■ WHAT TO DO: Could you return every line of the records below that contains the word "CommitError"?

*** GIVEN RECORDS Section Begins ***

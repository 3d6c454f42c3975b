//! The law over lives, used on disks in memory.

ghost use Rattle.std.specs.Prelude.{[], ◌∷◌, List, IfSome};
ghost use Rattle.ipc_limits.specs.declared.limits.Limits.{Limits};
ghost use Rattle.ipc_disk.specs.Medium.{Image};
ghost use Rattle.ipc_disk.specs.Memory.{memory_medium};
ghost use Rattle.ipc_disk.specs.declared.memory.MemoryDisk.{MemoryDisk};
ghost use Rattle.ipc_store.specs.Histories.{Past, new_past, state_after};
ghost use Rattle.ipc_image.specs.Format.{format, format_one};
ghost use Rattle.ipc_state.specs.State.{State, restart};
ghost use Rattle.ipc_store.specs.Image.{as_of, own_limits, StandsFor, StandsForIn};
ghost use Rattle.ipc_store.specs.Lives.{StandsAfter};
ghost use Rattle.ipc_store.specs.Meanwhile.{IsRead, IsReadInParts};
ghost use Rattle.ipc_store.specs.View.{StoreView};
ghost use Rattle.ipc_hub.specs.Clients.{Clients};
ghost use Rattle.ipc_hub.specs.Lives.{HasHistory, Life, Lives, Seen};
ghost use Rattle.premises.specs.Remembering.{remembering_medium};
ghost use Rattle.premises.specs.Visits.{AreSeen, Saw, Goes, Ends};

use crate::remembering::RememberingDisk;
use ipc_base::Moment;
use ipc_disk::{MemoryDisk, disks_in_memory_are_honest};
use ipc_engine::Engine;
use ipc_hub::{Hub, no_answer_is_taken_back};
use ipc_limits::Limits;
use ipc_store::{CommitError, Store, an_open_finds_what_stands_there, look};
use std::alloc::{AllocError, Global};

/// A disk in memory is honest, whatever calls led to it. So of lives on one that was made a device
/// the law asks nothing more.
pub fn lives_in_memory()
    ensures { (past : Past) (disk : MemoryDisk) (lives : List Life) (opened : StoreView MemoryDisk)
        → ((image : Image) → (memory_medium disk).images_now image
        → StandsFor past.limits (state_after past) image)
        → Lives memory_medium past.limits disk lives opened
        → HasHistory (memory_medium opened.disk) past lives opened }
{
    no_answer_is_taken_back::<MemoryDisk>();
    disks_in_memory_are_honest();
}

/// One life on a new device in memory: time passes, and that is made durable. Then the device is opened again. The
/// clauses of these calls give the premises of the law.
pub fn one_life(
    alloc: Global,
    limits: &Limits,
    sectors: u32,
    moment: Moment,
) -> Option<Store<MemoryDisk>>
    ensures { IfSome result (λ store. (life : Life)
        × HasHistory (memory_medium store.disk) (new_past (own_limits limits.now)) (life ∷ []) store) }
{
    disks_in_memory_are_honest();
    let disk = new_device(alloc, limits, sectors)?;
    live(alloc, disk, moment)
}

/// One life on a device of version 1 in memory: the device is upgraded and opened, time passes, and that is made
/// durable. Then the device is opened again. Its history begins with the state for which it stood, after a restart.
pub fn one_life_after_an_upgrade(
    alloc: Global,
    disk: MemoryDisk,
    limits: &Limits,
    moment: Moment,
) -> Option<Store<MemoryDisk>>
    ensures { IfSome result (λ store. (own : Limits) × ((s : State)
        × StandsForIn format_one own s (memory_medium disk).contents
        × ((life : Life) × HasHistory (memory_medium store.disk)
        (record {
          limits = as_of format limits.now;
          base = restart (as_of format limits.now) s;
          events = [];
        }) (life ∷ []) store))) }
{
    disks_in_memory_are_honest();
    let Ok(upgraded) = Store::upgrade(alloc, disk, limits) else {
        return None;
    };
    live(alloc, upgraded, moment)
}

/// A look at a new device in memory: what it reads while nobody writes is such as the law of looks asks for.
pub fn one_look(alloc: Global, limits: &Limits, sectors: u32) -> Option<Engine>
    ensures { IfSome result (λ engine. (image : Image) × StandsFor engine.limits engine.state image
        × IsRead image image image × IsReadInParts image image image) }
{
    disks_in_memory_are_honest();
    let mut disk = new_device(alloc, limits, sectors)?;
    match look(alloc, &mut disk) {
        Ok(engine) => Some(engine),
        Err(_) => None,
    }
}

// A disk in memory that is a new device: it stands for the first state.
fn new_device(alloc: Global, limits: &Limits, sectors: u32) -> Option<MemoryDisk>
    ensures { IfSome result (λ disk. StandsAfter (new_past (own_limits limits.now)) (memory_medium disk)) }
{
    disks_in_memory_are_honest();
    let Ok(mut disk) = MemoryDisk::new(alloc, sectors) else {
        return None;
    };
    match Store::format(&mut disk, limits) {
        Ok(()) => Some(disk),
        Err(_) => None,
    }
}

// One life on a device in memory: time passes, and that is made durable. Then the device is opened again.
fn live(alloc: Global, disk: MemoryDisk, moment: Moment) -> Option<Store<MemoryDisk>>
    ensures { IfSome result (λ store. (past : Past) → StandsAfter past (memory_medium disk) → (life : Life)
        × HasHistory (memory_medium store.disk) past (life ∷ []) store) }
{
    no_answer_is_taken_back::<MemoryDisk>();
    disks_in_memory_are_honest();
    let Ok(store) = Store::open(alloc, disk) else {
        return None;
    };
    let mut hub = Hub::new(alloc, store);
    let Ok(()) = hub.tick(moment) else {
        return None;
    };
    let Ok(()) = hub.release() else {
        return None;
    };
    match Store::open(alloc, hub.close().close()) {
        Ok(store) => Some(store),
        Err(_) => None,
    }
}

/// One life on a disk that forgets nothing, which is made a device first. A client says HELLO, that is made to last,
/// and the client sees what it is answered. More of its bytes come, and are released. If the disk keeps so few calls
/// that it fails in that release, this is the moment at which the machine stops; else that is at its end. The unsynced
/// sectors at the places that are true in `keep` have their last values then. It answers what the client saw, and the
/// store that is opened on what is left: its history has the event of each frame that was seen.
pub fn one_life_with_a_crash(
    alloc: Global,
    limits: &Limits,
    disk: RememberingDisk,
    hello: &[u8],
    requests: &[u8],
    moment: Moment,
    keep: &[bool],
) -> Option<(Vec<u8>, Store<RememberingDisk>)>
    ensures { IfSome result (λ found. (life : Life) × Saw found.0.items life
        × HasHistory (remembering_medium found.1.disk) (new_past (own_limits limits.now)) (life ∷ []) found.1) }
{
    no_answer_is_taken_back::<RememberingDisk>();
    an_open_finds_what_stands_there::<RememberingDisk>();
    let mut disk = disk;
    let Ok(()) = Store::format(&mut disk, limits) else {
        return None;
    };
    let Ok(store) = Store::open(alloc, disk) else {
        return None;
    };
    let mut hub = Hub::new(alloc, store);
    let Some(seen) = greet(alloc, &mut hub, hello, moment) else {
        return None;
    };
    let Some(()) = ask(&mut hub, requests, moment) else {
        return None;
    };
    let disk = hub.close().close();
    let at = disk.moment();
    let Some(left) = disk.crashed(at, keep) else {
        return None;
    };
    match Store::open(alloc, left) {
        Ok(store) => Some((seen, store)),
        Err(_) => None,
    }
}

// A connection comes and sends bytes, what they do is made to last, and its output is looked at.
fn greet(
    alloc: Global,
    hub: &mut Hub<RememberingDisk>,
    hello: &[u8],
    moment: Moment,
) -> Option<Vec<u8>>
    ensures { IfSome result (λ seen. (limits : Limits) (opened : StoreView RememberingDisk) (h : Clients)
        → Goes remembering_medium limits opened hub.old h [] → (then : Clients) × ((frames : List Seen)
        × AreSeen seen.items frames × Goes remembering_medium limits opened hub.new then frames)) }
{
    let Ok(()) = hub.connect(1) else {
        return None;
    };
    let Ok(_) = hub.feed(1, hello, moment) else {
        return None;
    };
    let Ok(()) = hub.release() else {
        return None;
    };
    match Vec::from_slice(alloc, hub.output(1)) {
        Ok(seen) => Some(seen),
        Err(AllocError) => None,
    }
}

// It sends more bytes, and what they do is released, in which the disk may fail.
fn ask(hub: &mut Hub<RememberingDisk>, requests: &[u8], moment: Moment) -> Option<()>
    ensures { IfSome result (λ _. (limits : Limits) (opened : StoreView RememberingDisk) (h : Clients)
        (seen : List Seen) → Goes remembering_medium limits opened hub.old h seen
        → Ends remembering_medium limits opened hub.new seen) }
{
    let Ok(_) = hub.feed(1, requests, moment) else {
        return None;
    };
    match hub.release() {
        Ok(()) => Some(()),
        Err(CommitError::Device) => Some(()),
        Err(CommitError::Stopped) => None,
    }
}
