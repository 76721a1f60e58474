use table::table::Table;

// Nodes that decode, over the space below them.
#[derive(Drop)]
pub struct Net<B> {
    pub(crate) table: Table,
    pub(crate) below: B,
}
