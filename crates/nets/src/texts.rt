ghost use Rattle.std.specs.Prelude.{◌≡◌, ◌+◌, ◌*◌, length, Ok as Granted};
ghost use Rattle.model.specs.Nets.{fresh};
ghost use Rattle.loading.specs.Texts.{lines_of};
ghost use Rattle.loading.specs.Loads.{loaded};
ghost use Rattle.writing.specs.Texts.{text_of, overlays_set, Wrote};
ghost use Rattle.nets.specs.Shape.{inner};
ghost use Rattle.nets.specs.Loading.{LoadsInto};

use crate::net::Net;
use loading::fault::LoadFault;
use loading::load::load;
use model::faults::Fault;
use space::Space;
use writing::write::write;

// A net as text, one frame a line.
impl<B: Space> Net<B> {
    // Applies the lines to a fresh net of the same group over the same space, and keeps it only if all are granted.
    pub fn load(&mut self, text: &[u8]) -> Result<(), LoadFault>
        ensures table { LoadsInto (loaded 1 (fresh (inner self.old.table).keeps.group) (lines_of text.now)) (inner self.old.table).keeps (inner self.new.table).keeps result }
        ensures below { self.new.below ≡ self.old.below }
    {
        self.table = load(self.table.blocks().group, text)?;
        Ok(())
    }

    // Writes enter, accepts, maps, then overlays by node, and tells how many bytes that takes.
    // Whoever loads these bytes into a net of the same group has this net again.
    pub fn write(&self, out: &mut [u8]) -> Result<usize, Fault>
        ensures text { Wrote (text_of (inner self.now.table).keeps) out.old out.new result }
        ensures count { length (text_of (inner self.now.table).keeps) ≡ 5 + 37 * length (inner self.now.table).keeps.accepts + 55 * length (inner self.now.table).keeps.maps + 7 * overlays_set (inner self.now.table).keeps.overlays }
        ensures back { loaded 1 (fresh (inner self.now.table).keeps.group) (lines_of (text_of (inner self.now.table).keeps)) ≡ Granted (inner self.now.table).keeps }
    {
        write(self.table.blocks(), out)
    }
}
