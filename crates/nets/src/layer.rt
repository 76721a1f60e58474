ghost use Rattle.nets.specs.Meant.{net_meant};

use crate::edit::NetEdit;
use crate::net::Net;
use model::faults::Fault;
use space::Space;
use space::layer::Layer;

impl<B: Space + Drop> Layer for Net<B> {
    type Edit = NetEdit<B>;

    ghost meaning = { net_meant B.Space.means };

    fn edit(&mut self, e: NetEdit<B>) -> Result<(), Fault> {
        match e {
            NetEdit::Accept(block) => self.accept(block),
            NetEdit::Map(block) => self.map(block),
            NetEdit::Over { node, destination } => self.over(node, destination),
            NetEdit::DropAccept(block) => self.drop_accept(block),
            NetEdit::DropMap(block) => self.drop_map(block),
            NetEdit::Enter(node) => self.enter(node),
            NetEdit::Plug(below) => {
                let _old = self.plug(below);
                Ok(())
            }
        }
    }
}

*** GIVEN RECORDS Section Ends ***

■ OUTPUT:
use ipc_store::{CommitError, Store, an_open_finds_what_stands_there, look};
        Err(CommitError::Device) => Some(()),
        Err(CommitError::Stopped) => None,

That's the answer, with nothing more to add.